::: DATASET EXTRACT

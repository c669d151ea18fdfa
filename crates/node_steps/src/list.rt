//! The list of the points that are set.

ghost use Rattle.std.specs.Prelude.{◌≡◌, ◌&&◌, is_none, IfOk, OnOk, string_bytes, MatchOption};
ghost use Rattle.actions.specs.Canonical.{canonical};
ghost use Rattle.node_steps.specs.Replicas.{state_in};
ghost use Rattle.node_steps.specs.Texts.{text_set, list_entry, entry_after, list_text};

use crate::replica::State;
use actions::{Actions, Name};
use replica_state::Replica;
use stamp_register::Body;
use std::alloc::{AllocError, Global};

/// What a point is set to, if it is set.
fn actions_set<'a>(state: &'a State, name: &Name) -> Option<&'a Actions>
    ensures { MatchOption result
        (text_set (state_in state.now) name.now ≡ None)
        (λ a. text_set (state_in state.now) name.now ≡ Some (canonical a.now)) }
{
    let key = state.key(name)?;
    match &key.body {
        Body::Removed => None,
        Body::Set(actions) => Some(actions),
    }
}

/// Adds a point to the list, if it is set. Answers whether the list is still empty.
fn push_entry(
    text: &mut String,
    state: &State,
    name: &Name,
    is_first: bool,
) -> Result<bool, AllocError>
    ensures text { OnOk result (string_bytes text.new
        ≡ entry_after is_first (list_entry (state_in state.now) name.now) (string_bytes text.old)) }
    ensures first { IfOk result (λ still. still
        ≡ (is_first && is_none (list_entry (state_in state.now) name.now))) }
{
    let Some(actions) = actions_set(state, name) else {
        return Ok(is_first);
    };
    if !is_first {
        text.push_str(";")?;
    }
    text.push_str(name.text())?;
    text.push_str("=")?;
    text.push_str(actions.text())?;
    Ok(false)
}

/// `name=actions` of each point that is set, in byte order of the names, joined by `;`.
pub fn list_of(alloc: Global, state: &State) -> Result<String, AllocError>
    ensures { IfOk result (λ text. string_bytes text ≡ list_text (state_in state.now)) }
{
    let mut text = String::new(alloc);
    let mut is_first = true;
    for (name, _) in state.points() {
        is_first = push_entry(&mut text, state, name, is_first)?;
    }
    Ok(text)
}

::::::

- [PROMPT] Whenever a line of the records holds the string "canonical", pick it out and copy it.

- [TASK RESULT]
ghost use Rattle.actions.specs.Canonical.{canonical};
        (λ a. text_set (state_in state.now) name.now ≡ Some (canonical a.now)) }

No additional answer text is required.